Thank you also for the beautiful flower arrangement. Not only did it take my breath away, it was the only time during the entire experience that I actually cried. I was so touched. You guys are all so amazing.

I'm slowly able to do a bit more each day. I have to say that I am so glad to be out of the hospital. I don't know if every floor is like this, but I was on the floor of folks who had gastrointestinal surgery. Which means that I am pretty sure that the goal of every single person there was to pass gas. I about buried my face in the flowers most of the time!

I do have some reflections. One is that I measure myself by comparison way more than I thought I did!

So, I could do a little walk down the hallway. Okay, it took me 50 steps and 5 - 10 minutes to do what normally would take 10 steps and a few seconds. But I felt like the hare compared to the tortoises. Then I would go back and nap for two hours after all my exertion! I couldn't talk on the phone or even sit up, and getting washed, when given the opportunity, was my big activity of the day.

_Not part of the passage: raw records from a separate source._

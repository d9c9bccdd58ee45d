//! The check of a unit (6.9 of ISO/IEC 9899:2011).
ghost use Rattle.std.specs.Prelude.{◌≡◌, ◌<◌, true, [], map, length, vec_len, Some, IfOk};
ghost use Rattle.c_layout.specs.Models.{is_model};
ghost use Rattle.c_layout.specs.DeclarationTrees.{external_tree, unit_tree};
ghost use Rattle.c_layout.specs.CheckedUnits.{function_view, unit_view};
ghost use Rattle.c_types_scopes.specs.Answers.{Gives, Leads};
ghost use Rattle.c_types_scopes.specs.States.{state};
ghost use Rattle.c_types_declarations.specs.ContextSteps.{with_struct};
ghost use Rattle.c_types.specs.Units.UnitEntries.{entry_number};
ghost use Rattle.c_types.specs.Units.Streams as streams;
ghost use Rattle.c_types.specs.Units.UnitChecks as spec;

use crate::file_scope::external_declaration;
use crate::units::function_definitions::function_definition;
use crate::units::unit_definitions::add_definitions;
use crate::units::unit_entries::judged_unit;
use c_layout::{Checked, External, Function, Model, Tree7};
use c_types_scopes::{Context, DataModel, Tag};
use c_types_statement_rules::objects::finish_objects;
use cc_base::{Memory, Stop, Text};
use std::alloc::Global;

/// Types one external declaration; its function goes to the others.
fn external(
    cx: &mut Context,
    functions: &mut Vec<Function>,
    external: &External,
) -> Result<(), Stop>
    ensures { Leads (λ _. map function_view functions.new.items) (spec.external (state cx.old) (map function_view functions.old.items) (external_tree external.now)) result (state cx.new) }
{
    match external {
        External::Declaration(at, words, declarators) => {
            external_declaration(cx, *at, words.as_slice(), declarators.as_slice())
        }
        External::Function(at, words, declarator, list) => {
            let made = function_definition(cx, *at, words.as_slice(), declarator, list.as_slice())?;
            functions.push(made)?;
            Ok(())
        }
    }
}

/// Declares a struct of which nothing is known; its number.
fn declare_struct(cx: &mut Context) -> Result<u32, Memory>
    ensures number { IfOk result (λ n. n ≡ length (state cx.old).types.structs) }
    ensures after { IfOk result (λ _. state cx.new ≡ with_struct (state cx.old)) }
{
    cx.types.declare(cx.alloc)
}

/// Declares the struct that a stream points to, which a header completes (7.21.1p2).
fn declare_stream(cx: &mut Context) -> Result<(), Memory>
    ensures { IfOk result (λ _. state cx.new ≡ streams.with_stream (state cx.old)) }
{
    let tag = Text::from_bytes(cx.alloc, b"__file")?;
    let name = cx.name(&tag)?;
    let number = declare_struct(cx)?;
    cx.scopes.declare_tag(name, Tag::Struct(number))?;
    cx.stream = number;
    Ok(())
}

/// Types external declarations in order; their functions go to the others.
fn externals_of(
    cx: &mut Context,
    functions: &mut Vec<Function>,
    externals: &[External],
) -> Result<(), Stop>
    ensures { Leads (λ _. map function_view functions.new.items) (spec.externals (state cx.old) (map function_view functions.old.items) (map external_tree externals.now)) result (state cx.new) }
{
    for next in externals {
        external(cx, functions, next)?;
    }
    Ok(())
}

/// Types the whole tree; its functions.
fn typed_unit(cx: &mut Context, tree: &Tree7) -> Result<Vec<Function>, Stop>
    ensures { Leads (λ f. map function_view f.items) (spec.typed_unit (state cx.old) (unit_tree tree.now)) result (state cx.new) }
{
    declare_stream(cx)?;
    add_definitions(cx, tree.externals.as_slice())?;
    let mut functions = Vec::new(cx.alloc);
    externals_of(cx, &mut functions, tree.externals.as_slice())?;
    finish_objects(cx)?;
    Ok(functions)
}

/// The checked tree of a unit, whose runs start at the function `entry`.
///
/// # Errors
///
/// The refusal of the first expression, declarator or statement in reading order whose parts have
/// types and which has none; then `NoEntry`, and then `Recursion` at the first call that makes a
/// cycle with the calls before it; or want of memory.
pub fn check(alloc: Global, tree: &Tree7, model: &Model, entry: &str) -> Result<Checked, Stop>
    requires { is_model model.now ≡ true }
    ensures checked { Gives unit_view (spec.check model.now entry.now (unit_tree tree.now)) result }
    ensures model { IfOk result (λ unit. unit.model ≡ model.now) }
    ensures entry { IfOk result (λ unit. unit.entry < vec_len unit.functions) }
    ensures chosen { IfOk result (λ unit. entry_number (map function_view unit.functions.items) entry.now ≡ Some unit.entry) }
{
    let mut cx = Context::new(alloc, DataModel::new(model));
    let functions = typed_unit(&mut cx, tree)?;
    let entry = judged_unit(alloc, &cx.calls, functions.as_slice(), entry)?;
    let Context {
        types,
        statics,
        literals,
        constants,
        ..
    } = cx;
    Ok(Checked {
        functions,
        constants,
        objects: statics,
        structs: types.structs,
        literals,
        entry,
        model: *model,
    })
}
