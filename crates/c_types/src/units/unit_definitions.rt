//! What a unit defines, read before it is typed (6.9.1, 6.9.2 of ISO/IEC 9899:2011).
ghost use Rattle.std.specs.Prelude.{◌≡◌, IfOk, map, option_map};
ghost use Rattle.c_layout.specs.DeclarationTrees.{
  name_view,
  spec_tree,
  init_declarator_view,
  external_tree,
};
ghost use Rattle.c_types_scopes.specs.States.{state};
ghost use Rattle.c_types.specs.Units.UnitDefinitions as spec;

use c_layout::{External, InitDeclarator, Name, SpecWord, Storage};
use c_types_scopes::Context;
use cc_base::Memory;

/// The storage class behind a word.
fn storage_word(word: &SpecWord, found: Option<Storage>) -> Option<Storage>
    ensures { result ≡ spec.storage_word (spec_tree word.now) found }
{
    match word {
        SpecWord::Storage(_, storage) => Some(*storage),
        SpecWord::Qualifier(_) => found,
        SpecWord::Type(_, _) => found,
        SpecWord::Struct(_, _, None) => found,
        SpecWord::Struct(_, _, Some(_)) => found,
        SpecWord::Enum(_, _, None) => found,
        SpecWord::Enum(_, _, Some(_)) => found,
        SpecWord::Typedef(_) => found,
    }
}

/// The storage class among specifiers.
#[tactic(auto, unfolding(crate::specs::Units::UnitDefinitions::last_storage))]
fn storage_of(words: &[SpecWord]) -> Option<Storage>
    ensures { result ≡ spec.storage_of (map spec_tree words.now) }
{
    let mut found = None;
    for word in words {
        found = storage_word(word, found);
    }
    found
}

/// Whether an object without initializer is defined by a declaration of a storage class.
fn is_definition(storage: Option<Storage>) -> bool
    ensures { result ≡ spec.is_definition storage }
{
    match storage {
        Some(Storage::Typedef) => false,
        Some(Storage::Extern) => false,
        Some(Storage::Static) => true,
        Some(Storage::Auto) => true,
        Some(Storage::Register) => true,
        None => true,
    }
}

/// Adds the object of a name.
fn define_object(cx: &mut Context, name: &Name) -> Result<(), Memory>
    ensures { IfOk result (λ _. state cx.new ≡ spec.with_object (name_view name.now) (state cx.old)) }
{
    let known = cx.name(&name.text)?;
    cx.definitions.add_object(known)
}

/// Adds the function of a name.
fn define_function(cx: &mut Context, name: &Name) -> Result<(), Memory>
    ensures { IfOk result (λ _. state cx.new ≡ spec.with_function (name_view name.now) (state cx.old)) }
{
    let known = cx.name(&name.text)?;
    cx.definitions.add_function(known)
}

/// Adds the object that a declarator names.
fn define_named(cx: &mut Context, name: Option<&Name>) -> Result<(), Memory>
    ensures { IfOk result (λ _. state cx.new ≡ spec.with_named (option_map (λ n. name_view n.now) name.entry) (state cx.old)) }
{
    match name {
        Some(name) => define_object(cx, name),
        None => Ok(()),
    }
}

/// Adds what a declarator defines; `defines` says whether it does without an initializer.
fn add_declarator(
    cx: &mut Context,
    defines: bool,
    declarator: &InitDeclarator,
) -> Result<(), Memory>
    ensures { IfOk result (λ _. state cx.new ≡ spec.with_declarator defines (init_declarator_view declarator.now) (state cx.old)) }
{
    match declarator {
        InitDeclarator::Object(declarator) => {
            if defines {
                define_named(cx, declarator.name.as_ref())
            } else {
                Ok(())
            }
        }
        InitDeclarator::Initialized(declarator, _, _) => {
            define_named(cx, declarator.name.as_ref())
        }
        InitDeclarator::Function(_) => Ok(()),
    }
}

/// Adds what declarators define.
#[tactic(auto, unfolding(crate::specs::Units::UnitDefinitions::with_declarators))]
fn add_declarators(
    cx: &mut Context,
    defines: bool,
    declarators: &[InitDeclarator],
) -> Result<(), Memory>
    ensures { IfOk result (λ _. state cx.new ≡ spec.with_declarators defines (map init_declarator_view declarators.now) (state cx.old)) }
{
    for declarator in declarators {
        add_declarator(cx, defines, declarator)?;
    }
    Ok(())
}

/// Adds what an external declaration defines.
fn add_external(cx: &mut Context, external: &External) -> Result<(), Memory>
    ensures { IfOk result (λ _. state cx.new ≡ spec.with_external (external_tree external.now) (state cx.old)) }
{
    match external {
        External::Declaration(_, words, declarators) => {
            let storage = storage_of(words.as_slice());
            add_declarators(cx, is_definition(storage), declarators.as_slice())
        }
        External::Function(_, _, declarator, _) => define_function(cx, &declarator.name),
    }
}

/// Adds the definitions of a unit in reading order.
#[tactic(auto, unfolding(crate::specs::Units::UnitDefinitions::with_externals))]
pub fn add_definitions(cx: &mut Context, externals: &[External]) -> Result<(), Memory>
    ensures { IfOk result (λ _. state cx.new ≡ spec.with_externals (map external_tree externals.now) (state cx.old)) }
{
    for external in externals {
        add_external(cx, external)?;
    }
    Ok(())
}
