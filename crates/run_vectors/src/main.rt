// RUN against the vectors: how many agree, and a line for each that does not.

#![tactic(auto)]

use std::io;

fn main(rt: HostRuntime) -> io::Result<()> {
    cases::try_all(&mut rt.stdin(), &mut rt.stdout(), false)
}
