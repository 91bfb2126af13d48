// The questions of judging a list of logs, in document 01's order.
ghost use Rattle.std.specs.Prelude.{◌≡◌, ◌*◌, ◌^◌, ◌≤◌, ◌<◌, length, IfSome};
ghost use Rattle.aldlf.specs.declared.Table.{Table};
ghost use Rattle.packing.specs.Numbers.{places};
ghost use Rattle.packing.specs.Packed.{Packed};
ghost use Rattle.sheet.specs.Given.{well_formed};
ghost use Rattle.batch.specs.Batch.{answer_to, batch_answer, fits, has_room, log_of, misfit, roomless};

use super::ListRefusal;
use aldlf::Refusal;

// At most so many logs in a list.
const LOGS: usize = 65535;

// Questions 31, 32 and 33 of a list, given how many words there are and how many places are lent for verdicts and counts.
pub(crate) fn asked(
    numbers: &[u32],
    words: usize,
    lengths: &[u16],
    verdicts: usize,
    held: usize,
) -> Result<(), ListRefusal>
    requires { length numbers.now ≡ places }
    ensures { (t : Table) → Packed t numbers.now → batch_answer result ≡ answer_to (well_formed t) words lengths.now verdicts held }
{
    if !sheet::is_given_packed(numbers) {
        return Err(ListRefusal {
            question: Refusal::NotGiven,
            log: 0,
        });
    }
    if let Some(k) = first_misfit(words, lengths) {
        return Err(ListRefusal {
            question: Refusal::Entries,
            log: k + 1,
        });
    }
    if let Some(k) = first_without_room(lengths, verdicts, held) {
        return Err(ListRefusal {
            question: Refusal::Room,
            log: k + 1,
        });
    }
    Ok(())
}

// Question 32: the first log that is not as it should be, or the log after the last where words are left over; logs are counted from 0.
fn first_misfit(words: usize, lengths: &[u16]) -> Option<usize>
    ensures found { log_of result ≡ misfit words lengths.now }
    ensures in_list { IfSome result (λ k. k ≤ length lengths.now) }
{
    let mut at: usize = 0;
    for (k, length) in lengths.iter().enumerate() {
        let n = usize::from(*length);
        if !fits_here(words, k, at, n) {
            return Some(k);
        }
        at += n;
    }
    if at < words {
        return Some(lengths.len());
    }
    None
}

// Whether log k, of n entries from place `at` on, is there.
fn fits_here(words: usize, k: usize, at: usize, n: usize) -> bool
    requires { at ≤ words }
    ensures { result ≡ fits words k at n }
{
    k < LOGS && 1 <= n && n <= aldlf::ENTRIES && n <= words - at
}

// Question 33: the first log that has no room for its verdict words or its count; logs are counted from 0.
fn first_without_room(lengths: &[u16], verdicts: usize, held: usize) -> Option<usize>
    ensures found { log_of result ≡ roomless verdicts held lengths.now }
    ensures in_list { IfSome result (λ k. k ≤ length lengths.now) }
{
    let mut at: usize = 0;
    for (k, length) in lengths.iter().enumerate() {
        let n = usize::from(*length);
        if !room_here(verdicts, held, k, at, n) {
            return Some(k);
        }
        at += n;
    }
    None
}

// Whether log k, of n entries from place `at` on, has its room: two verdict words for each entry.
fn room_here(verdicts: usize, held: usize, k: usize, at: usize, n: usize) -> bool
    requires { (2 * at ≤ verdicts) × (n < 2 ^ 16) }
    ensures { result ≡ has_room verdicts held k at n }
{
    2 * n <= verdicts - 2 * at && k < held
}
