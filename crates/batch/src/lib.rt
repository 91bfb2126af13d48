// Judging a list of logs of one sheet in one call. Every question is asked before the first log is judged. That each log is judged
// as by itself is the theorem `each_judged` of proofs/Each.antt.
#![tactic(auto)]

mod logs;
mod questions;

ghost use Rattle.std.specs.Prelude.{◌≡◌};
ghost use Rattle.aldlf.specs.Sheet.{sheet_of};
ghost use Rattle.aldlf.specs.declared.Table.{Table};
ghost use Rattle.packing.specs.Packed.{Packed};
ghost use Rattle.sheet.specs.Given.{well_formed};
ghost use Rattle.batch.specs.Batch.{batch_answer, batch_ends, batch_outcome};

use aldlf::{Refusal, Table};
use judge::lent::plain_of;
use logs::judge_each;
use packing::places::PLACES;
use packing::writing::pack;
use questions::asked;

// Why a list is refused: the first question that gets a no (31, 32, 33), and which log it is about, counted from 1 (0: about no log).
#[derive(Clone, Copy, PartialEq, Eq)]
pub struct ListRefusal {
    pub question: Refusal,
    pub log: usize,
}

// Judges logs whose words stand one after the other, log j's as many as `lengths[j]`: the verdict words likewise, two for each
// entry, in the first places of `verdicts`, each log's count held in those of `held`; the rest keep their content. A refusal
// alters nothing.
pub fn judge_logs(
    table: Table,
    words: &[u32],
    lengths: &[u16],
    verdicts: &mut [u64],
    held: &mut [u16],
) -> Result<(), ListRefusal>
    ensures { batch_ends (batch_answer result) verdicts.new held.new ≡ batch_outcome (well_formed table) (sheet_of table) words.now lengths.now verdicts.old held.old }
{
    let mut numbers = [0u32; PLACES];
    pack(table, &mut numbers);
    logs_lent(&numbers, words, lengths, verdicts, held)
}

// The same by a table that is lent as numbers. A room of the checker: its other crates call it, users do not.
pub fn logs_lent(
    numbers: &[u32],
    words: &[u32],
    lengths: &[u16],
    verdicts: &mut [u64],
    held: &mut [u16],
) -> Result<(), ListRefusal>
    requires { (t : Table) × Packed t numbers.now }
    ensures { (t : Table) → Packed t numbers.now
        → batch_ends (batch_answer result) verdicts.new held.new ≡ batch_outcome (well_formed t) (sheet_of t) words.now lengths.now verdicts.old held.old }
{
    let n = words.len();
    asked(numbers, n, lengths, verdicts.len(), held.len())?;
    let plain = plain_of(numbers);
    judge_each(plain, numbers, words, lengths, verdicts, held);
    Ok(())
}
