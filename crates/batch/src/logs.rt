// The logs of a list judged, one after the other.
ghost use Rattle.std.specs.Prelude.{◌≡◌, ◌*◌, ◌≤◌, length};
ghost use Rattle.aldlf.specs.Constants.{entry_limit};
ghost use Rattle.aldlf.specs.Sheet.{sheet_of};
ghost use Rattle.aldlf.specs.Outcomes.{log_words, held_in};
ghost use Rattle.aldlf.specs.declared.Table.{Table};
ghost use Rattle.judge.specs.Prepared.{Prepared};
ghost use Rattle.batch.specs.Batch.{misfit, roomless, verdicts_after, held_after};

use aldlf::Row;
use judge::lent::judge_log;

// Every log at its place: its verdict words at twice the place of its words, its count where its length stands.
pub(crate) fn judge_each(
    plain: Row,
    numbers: &[u32],
    words: &[u32],
    lengths: &[u16],
    verdicts: &mut [u64],
    held: &mut [u16],
)
    requires prepared { (t : Table) × Prepared t plain numbers.now }
    requires lengths_value { misfit (length words.now) lengths.now ≡ 0 }
    requires lengths_value_2 { roomless (length verdicts.old) (length held.old) lengths.now ≡ 0 }
    ensures verdicts_after { (t : Table) → Prepared t plain numbers.now → verdicts.new ≡ verdicts_after (sheet_of t) words.now lengths.now verdicts.old }
    ensures held_after { (t : Table) → Prepared t plain numbers.now → held.new ≡ held_after (sheet_of t) words.now lengths.now held.old }
{
    let mut at: usize = 0;
    for (k, length) in lengths.iter().enumerate() {
        let end = at + usize::from(*length);
        let n = judge_one(
            plain,
            numbers,
            &words[at..end],
            &mut verdicts[2 * at..2 * end],
        );
        held[k] = n as u16;
        at = end;
    }
}

// One log that all questions are answered of: its verdict words, and the count of entries at which the rule holds.
fn judge_one(plain: Row, numbers: &[u32], log: &[u32], verdicts: &mut [u64]) -> usize
    requires prepared { (t : Table) × Prepared t plain numbers.now }
    requires log_len_bound { (length log.now ≤ entry_limit) × (length verdicts.old ≡ 2 * length log.now) }
    ensures verdicts_after { (t : Table) → Prepared t plain numbers.now → verdicts.new ≡ log_words (sheet_of t) log.now }
    ensures value { (t : Table) → Prepared t plain numbers.now → result ≡ held_in (sheet_of t) log.now }
{
    judge_log(plain, numbers, log, verdicts)
}
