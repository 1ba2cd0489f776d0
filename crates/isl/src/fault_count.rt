// How many calls of an adapter have failed.

ghost use Rattle.std.specs.Prelude.{◌≡◌, ◌≤◌};
ghost use Rattle.base.specs.Outside.{Rose};

use base::Failed;

/// A count of failed calls, which stands still at the end of its type.
#[derive(Drop)]
pub struct FaultCount {
    pub raised: u64,
}

impl FaultCount {
    /// No call has failed yet.
    pub fn new() -> FaultCount
        ensures { result.raised ≡ 0 }
    {
        FaultCount { raised: 0 }
    }

    /// Counts a call that failed, and gives its answer.
    pub fn raise(&mut self) -> Failed
        ensures rose { Rose self.old.raised self.new.raised }
        ensures never_falls { self.old.raised ≤ self.new.raised }
    {
        self.raised = self.raised.saturating_add(1);
        Failed
    }
}
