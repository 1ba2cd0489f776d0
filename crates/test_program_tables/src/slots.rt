// Slots as data: a name, or a name with its options.

use crate::inputs::{id, items, name, word};
use base::{Datum, NameList, Names};
use lang_meaning::{SlotRow, SlotRows};
use test_rows::RowAnswer;

/// The slots that these data describe.
pub fn slot_rows(got: &mut RowAnswer, names: &Names, data: &[Datum]) -> Option<SlotRows> {
    let mut rows = SlotRows::new(got.alloc);
    for datum in data {
        let slot = slot_row(got, names, datum)?;
        got.add(&mut rows, slot);
    }
    Some(rows)
}

/// The slot that a datum describes.
pub fn slot_row(got: &mut RowAnswer, names: &Names, datum: &Datum) -> Option<SlotRow> {
    match items(datum) {
        Some([own, options @ ..]) => with_options(got, names, own, options),
        _ => with_options(got, names, datum, &[]),
    }
}

// A slot with its options: `:initarg NAME` and `:initform PROCEDURE`.
fn with_options(
    got: &mut RowAnswer,
    names: &Names,
    own: &Datum,
    options: &[Datum],
) -> Option<SlotRow> {
    let mut slot = SlotRow {
        name: name(own)?,
        initargs: NameList::new(got.alloc),
        initform: None,
    };
    if take_options(got, names, &mut slot, options).is_none() {
        drop(slot);
        return None;
    }
    Some(slot)
}

fn take_options(
    got: &mut RowAnswer,
    names: &Names,
    slot: &mut SlotRow,
    options: &[Datum],
) -> Option<()> {
    for option in options.chunks(2) {
        take_option(got, names, slot, option)?;
    }
    Some(())
}

fn take_option(
    got: &mut RowAnswer,
    names: &Names,
    slot: &mut SlotRow,
    option: &[Datum],
) -> Option<()> {
    let [key, value] = option else {
        return None;
    };
    match word(names, key)? {
        ":initarg" => got.add(&mut slot.initargs, name(value)?),
        ":initform" => slot.initform = Some(id(value)?),
        _ => return None,
    }
    Some(())
}
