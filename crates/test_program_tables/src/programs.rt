// Programs: their rows and core forms as data, and what is said of them.

mod built_in;
mod forms;
mod lambda;
mod make;
mod primitives;
mod questions;
mod rows;
mod words;

use crate::inputs::command;
use base::{Datum, Names};
use built_in::no_rows;
use lang_meaning::ProgramRows;
use questions::ask;
use rows::take;
use test_rows::RowAnswer;

/// Rows of a program behind those of the built-in classes, and questions, in order.
pub fn answer_row(got: &mut RowAnswer, names: &mut Names, data: &[Datum]) -> Option<()> {
    let mut rows = no_rows(got, names)?;
    let answered = put_all(got, names, &mut rows, data);
    drop(rows);
    answered
}

fn put_all(
    got: &mut RowAnswer,
    names: &Names,
    rows: &mut ProgramRows,
    data: &[Datum],
) -> Option<()> {
    for datum in data {
        put_one(got, names, rows, datum)?;
    }
    Some(())
}

fn put_one(
    got: &mut RowAnswer,
    names: &Names,
    rows: &mut ProgramRows,
    datum: &Datum,
) -> Option<()> {
    let (head, parts) = command(names, datum)?;
    match head {
        "whole" | "nodes" | "frame" | "depth" | "arity" => ask(got, names, rows, head, parts),
        _ => take(got, names, rows, head, parts),
    }
}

Then, the 25-year-old checked in across the hall. She had this long dark wavy hair and operated command central. She sat up straight, had her laptop open to her left, while she talked on her cellphone. I heard her say that she still wasn't allowed solid food yet, so I figured that her surgery was even more recent than mine. One time, I noticed her hair wrapped in a towel; she had just washed it. It was a distant dream for me to be able to wash my hair, and there she was, with freshly washed hair! When she unwrapped it, it reminded me of the Breck girl ads (I'm showing my age). Time slowed and her hair just tossled down her back as she shook her head and I thought she was amazingly beautiful.

It hurt to laugh, or I would have laughed out loud at myself. First off, I had to acknowledge that 20 years does make a difference and I was forced to admit that, though I like to think I am still 25, I'm not.

Plus, here I was, in this stinky, yukky hospital ward, and thinking that this woman was golden. Because in comparison, I guess she was. And then realized that right now, this was my world, and she represented sort of the highest ideal in that context. Right then, I decided that I needed a bigger world! And, at the most basic level, probably should stop comparing myself and just set my own goals.

So, when the doctors did their rounds, I started asking what I needed to do that day to get closer to getting home. I made those my new goals and I worked on that. I did the walking they suggested, ate what they told me to eat, etc. I set my goals based on that, and was feeling pretty good about myself.

Finally, when I was told that I looked good and could leave, I patted myself on the back for making progress. As the Universe has it, the doctors immediately went to my roommate, who I personally thought wasn't doing so well. She almost never got out of bed and mostly moaned alot. They told her that she could go home that day, too, if she wanted to. I was instantly deflated for a moment, until I realized that I was still comparing myself to others as a measure!!!! Always something to work on...

Again, you guys, thank you so much for your support, your listening, your positive energy, and your love. It carried me the whole way through this.

I have, I'm told, about six weeks of recovery. I haven't left the second floor of my house yet, but I will soon, and will take it from there.

Love, Marie

P.S. If you caught Oprah on Monday, Randy's original speech is MUCH better than the reprise he gave on Oprah. I think it is hard to do a "re-do" of something that has such emotional depth and content.

Friday, October 19, 2007

Thank you, and fun coincidence

Hi everyone,

I've been horrible at e-mail lately but have been reading everything. Thank you so much for all your positive energy and thoughts. It means the world to me and I am really riding on your strength here.

AND...Here is something weird. On the day of my diagnosis, I saw Randy Pausch's lecture (which I told you about). He told me today that he will be on Oprah on Monday (not sure in what capacity, maybe part of a broader topic?), which is when I am having my surgery. Isn't that wild?

Wishing you all a happy Friday and wonderful Head-of-the-Charles weekend.